(HOST) Those of us with children tend to worry about them, especially when they’re traveling. Commentator Vic Henningsen reflects on a ritual he followed when one of his children was far away.
(HENNINGSEN) Some years ago my teenaged daughter returned from the Himalayas with a roll of Tibetan prayer flags – brightly colored cloths the size of small bandannas, inscribed with Buddhist teachings. Their movement in the wind is considered auspicious.
On a bright October morning, the two of us strung a small section of eight or ten flags along the lowest branch of an apple tree in the field above our house. Red, green, blue, yellow – they made a bright statement against the brown, white, and green that mark seasons in a Vermont hayfield.
I found myself visiting them often, for they became my tangible connection to a child far away in strange lands.

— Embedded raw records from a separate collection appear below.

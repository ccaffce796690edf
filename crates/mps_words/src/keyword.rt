// The sections of an MPS text.
ghost use Rattle.std.specs.Prelude.{◌≡◌};
ghost use Rattle.mps_words.specs.Sections.{keyword_of, later_keyword_of, number_of, stage_of, stage_after, first_stage, last_stage, has_begun, last_of, stage, may_come};

/// A section, by the word that begins it.
#[derive(Clone, Copy)]
pub enum Keyword {
    Name,
    Sense,
    Rows,
    Columns,
    Rhs,
    Ranges,
    Bounds,
    End,
}

/// The section that a word names.
#[tactic(auto, unfolding(crate::specs::Sections::keyword_of))]
pub fn keyword_of(word: &[u8]) -> Option<Keyword>
    ensures { result ≡ keyword_of word.now }
{
    if word == b"NAME".as_slice() {
        return Some(Keyword::Name);
    }
    if word == b"OBJSENSE".as_slice() {
        return Some(Keyword::Sense);
    }
    if word == b"ROWS".as_slice() {
        return Some(Keyword::Rows);
    }
    if word == b"COLUMNS".as_slice() {
        return Some(Keyword::Columns);
    }
    later_keyword_of(word)
}

// The sections after those of rows and columns.
#[tactic(auto, unfolding(crate::specs::Sections::later_keyword_of))]
fn later_keyword_of(word: &[u8]) -> Option<Keyword>
    ensures { result ≡ later_keyword_of word.now }
{
    if word == b"RHS".as_slice() {
        return Some(Keyword::Rhs);
    }
    if word == b"RANGES".as_slice() {
        return Some(Keyword::Ranges);
    }
    if word == b"BOUNDS".as_slice() {
        return Some(Keyword::Bounds);
    }
    if word == b"ENDATA".as_slice() {
        return Some(Keyword::End);
    }
    None
}

fn number_of(keyword: Keyword) -> u8
    ensures { result ≡ number_of keyword }
{
    match keyword {
        Keyword::Name => 0,
        Keyword::Sense => 1,
        Keyword::Rows => 2,
        Keyword::Columns => 3,
        Keyword::Rhs => 4,
        Keyword::Ranges => 5,
        Keyword::Bounds => 6,
        Keyword::End => 7,
    }
}

fn stage_of(keyword: Keyword) -> u8
    ensures { result ≡ stage_of keyword }
{
    match keyword {
        Keyword::Name | Keyword::Sense => 1,
        Keyword::Rows => 2,
        Keyword::Columns => 3,
        Keyword::Rhs | Keyword::Ranges | Keyword::Bounds => 4,
        Keyword::End => 5,
    }
}

// The first stage after which a section may come.
fn first_stage(keyword: Keyword) -> u8
    ensures { result ≡ first_stage keyword }
{
    match keyword {
        Keyword::Name | Keyword::Sense | Keyword::Rows => 0,
        Keyword::Columns => 2,
        _ => 3,
    }
}

// The last stage after which it may.
fn last_stage(keyword: Keyword) -> u8
    ensures { result ≡ last_stage keyword }
{
    match keyword {
        Keyword::Name | Keyword::Sense | Keyword::Rows => 1,
        Keyword::Columns => 2,
        _ => 4,
    }
}

// Whether a section of this name was begun.
fn has_begun(begun: &[Keyword], keyword: Keyword) -> bool
    ensures { result ≡ has_begun begun.now keyword }
{
    let wanted = number_of(keyword);
    begun.iter().any(|k| number_of(*k) == wanted)
}

/// The section that was begun last.
pub fn last_of(begun: &[Keyword]) -> Option<Keyword>
    ensures { result ≡ last_of begun.now }
{
    begun.last().copied()
}

/// How far the sections have come.
pub fn stage(begun: &[Keyword]) -> u8
    ensures { result ≡ stage begun.now }
{
    match last_of(begun) {
        Some(keyword) => stage_of(keyword),
        None => 0,
    }
}

/// Whether a section is in order after these, and comes for the first time.
#[tactic(auto, unfolding(crate::specs::Sections::may_come))]
pub fn may_come(begun: &[Keyword], keyword: Keyword) -> bool
    ensures { result ≡ may_come begun.now keyword }
{
    let reached = stage(begun);
    first_stage(keyword) <= reached && reached <= last_stage(keyword) && !has_begun(begun, keyword)
}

The philosopher Francis Bacon said that a man with a family has "given hostages to fortune" and he’s right. Every parent knows the anxiety that comes with a late night phone call or an overdue flight. It’s increased when your child is an adventurous soul, willing to travel far in search of her goals. A Dad gets nervous when all he gets is the occasional postcard from New Delhi, Lhasa, or some small village in Ghana. Even when she migrated to the relatively more familiar climes of Italy – Florence, Bologna, Venice – my daughter still seemed very far away.
As she continued to do things that frightened me, it was a comfort to check on the flags every so often. I became superstitious, feeling that as long as the flags flew, she’d be OK, no matter where she was or what she was doing.

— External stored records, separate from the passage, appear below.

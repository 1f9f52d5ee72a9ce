//! The terms of an equality of ratios and areas, as lists of parts in preorder.
#![tactic(auto)]

mod laws;
mod part;

pub use laws::parts_are_one_list_of_terms;
pub use part::Part;
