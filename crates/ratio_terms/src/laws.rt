ghost use Rattle.ratio_terms.specs.Terms.{PartsOfTerms, PartsAreWhole};

/// The parts and the points of a term, with further ones behind, are that term, with the further terms behind; and the
/// parts of a term are those of one term.
pub fn parts_are_one_list_of_terms<P>(_points: &[P])
    ensures terms { PartsOfTerms P }
    ensures whole { PartsAreWhole P }
{}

You’re not supposed to alter prayer flags once you hang them – their gradual decay is a reflection of the natural order of things – but I confess that, as the years went on and the flags grew ragged and drained of color, I’d re-tie the shortening string and re-set it on the branch. It was a comfort to touch something she’d touched; to remember the beautiful autumn day when we fastened them there together.
I’d do a lot of thinking up there in the field, sitting under those flags fluttering bravely in the breeze, looking out at the mountains. I’d wonder about my daughter; I’d wonder whether my parents had a ritual like this when my siblings and I were exploring the world; or if my grandparents had a similar touchstone when their sons were off at war.
As repeated seasons thinned the flags, her wandering began to follow the more predictable pattern of the art historian she’s become. About a month ago she called me to say that she felt pretty settled – she liked where she was and what she was doing and she was going to stay put.
Later that day I hiked up to check on what was left of the flags.
And they were gone.
Vic Henningsen is a teacher and historian.